The AMR Top 25 was the first methodology that tried to connect financial metrics with supply chain excellence. It elevated the discussion on supply chain excellence and drove more discipline and rigor in the use of financial metrics. See how different the progress is on this metric by industry? The intent was good.
It will be launched during a webinar on April 25, 2013 and through a series of reports that will run in our May newsletter and throughout the summer. However, we have found that only a few companies are improving the potential of their supply chain to balance supply chain metrics. This analysis has been fun and insightful.
3 Key Metrics for Measuring Supply Chain Performance Beyond Cost Reduction. 10 Soft Metric Considerations in Measuring Supply Chain Performance. As of November 2013, there were 31 GPS satellites in operation. We are all in business to be successful and profitable, aren’t we? Read more. . Read More. .
One of my stark realizations this year is that smaller companies are beating larger and often more established companies on growth metrics, inventory turns, operating margin, and Return on Invested Capital (ROIC). (In The metrics selection resulted from work with Arizona State University in 2013.) My takeaway?

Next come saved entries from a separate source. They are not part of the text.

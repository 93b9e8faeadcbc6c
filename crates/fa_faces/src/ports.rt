// What stands at the tops of the trees of a box, as rule B5 asks it.

ghost use Rattle.std.specs.Prelude.{◌≡◌, ◌<◌, ◌≤◌, List, length, slice_get, Some, IfOk, MatchBool, true, false};
ghost use Rattle.fore_base.specs.Lists.{Every};
ghost use Rattle.ta_core.specs.Language.{IsTrim};
ghost use Rattle.fa_core.specs.declared.boxes.BoxDef.{BoxDef};
ghost use Rattle.fa_boxes.specs.Tops.{HasNoLeaf};
ghost use Rattle.fa_box_rules.specs.Rules.{Breaks5, port_count};
ghost use Rattle.fa_faces.specs.Faults.{box_inside};
ghost use Rattle.fa_faces.specs.inner.Parts.{AreTopsRight};
ghost use Rattle.fa_faces.specs.inner.Ports.{TakesLeaf, IsPortRight, PortApart, IsInputRight, InputApart};

use fa_boxes::tops::{are_cells, are_cells_of, cover_alike, cover_some};
use fa_core::{BoxFace, Face};
use fore_base::memory::Mem;
use std::alloc::Global;
use ta_core::auto::Auto;

/// Whether each tree has a cell at its top, the ports' cells are of the structs that the box says and cover the same
/// fields by their own slots, and the input's some.
///
/// # Errors
///
/// Want of memory.
pub fn are_tops_right(
    alloc: Global,
    face: &Face,
    input: u32,
    output: Option<u32>,
    autos: &[Auto],
) -> Mem<bool>
    requires trim { Every IsTrim autos.now }
    requires ports { port_count output ≤ length autos.now }
    ensures yes { IfOk result (λ yes. yes ≡ true → AreTopsRight face.now.boxes (box_inside input output autos.now)) }
    ensures no { IfOk result (λ yes. yes ≡ false → (T : List BoxDef)
        → Breaks5 face.now T (box_inside input output autos.now)) }
{
    if !are_all_cells(autos) {
        return Ok(false);
    }
    are_ports_right(alloc, face, input, output, autos)
}

fn are_ports_right(
    alloc: Global,
    face: &Face,
    input: u32,
    output: Option<u32>,
    autos: &[Auto],
) -> Mem<bool>
    requires trim { Every IsTrim autos.now }
    requires cells { Every HasNoLeaf autos.now }
    requires ports { port_count output ≤ length autos.now }
    ensures yes { IfOk result (λ yes. yes ≡ true → AreTopsRight face.now.boxes (box_inside input output autos.now)) }
    ensures no { IfOk result (λ yes. yes ≡ false → (T : List BoxDef)
        → Breaks5 face.now T (box_inside input output autos.now)) }
{
    if !is_input_right(alloc, face.boxes.as_slice(), component(autos, 0), input)? {
        return Ok(false);
    }
    match output {
        Some(shape) => {
            let right = is_port_right(alloc, face.boxes.as_slice(), component(autos, 1), shape)?;
            Ok(right)
        }
        None => Ok(true),
    }
}

fn component(autos: &[Auto], place: usize) -> &Auto
    requires { place < length autos.now }
    ensures { slice_get autos.now place ≡ Some result.now }
{
    &autos[place]
}

/// Whether no component accepts a leaf.
fn are_all_cells(autos: &[Auto]) -> bool
    requires { Every IsTrim autos.now }
    ensures { MatchBool result (Every HasNoLeaf autos.now) (TakesLeaf autos.now) }
{
    for auto in autos {
        if !are_cells(auto) {
            auto.known();
            return false;
        }
    }
    true
}

fn is_input_right(alloc: Global, boxes: &[BoxFace], auto: &Auto, shape: u32) -> Mem<bool>
    requires trim { IsTrim auto.now }
    requires cells { HasNoLeaf auto.now }
    ensures { IfOk result (λ yes. MatchBool yes (IsInputRight boxes.now shape auto.now)
        (InputApart boxes.now shape auto.now)) }
{
    auto.known();
    if !is_port_right(alloc, boxes, auto, shape)? {
        return Ok(false);
    }
    let some = cover_some(alloc, boxes, auto)?;
    Ok(some)
}

fn is_port_right(alloc: Global, boxes: &[BoxFace], auto: &Auto, shape: u32) -> Mem<bool>
    requires trim { IsTrim auto.now }
    requires cells { HasNoLeaf auto.now }
    ensures { IfOk result (λ yes. MatchBool yes (IsPortRight boxes.now shape auto.now)
        (PortApart boxes.now shape auto.now)) }
{
    auto.known();
    if !are_cells_of(auto, shape) {
        return Ok(false);
    }
    let alike = cover_alike(alloc, boxes, auto)?;
    Ok(alike)
}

In 2013, we will continue to serve this community by expanding services. This week, we are also announcing our Supply Chain Insights Global Summit to be held at the Phoenician on September 11th-12th, 2013. We have had fun, but I feel that we have accomplished a lot, and I am excited for the work that we are planning to do in 2013.
Early 2012 marked the end of the third decade and 2013 finds us into the fourth. It will be nice to be home and to have time to write on this second book, Metrics that Matter. Supply chain management, as a practice in commercial operations, is now thirty years old. How would you have answered the question? Anything you would add?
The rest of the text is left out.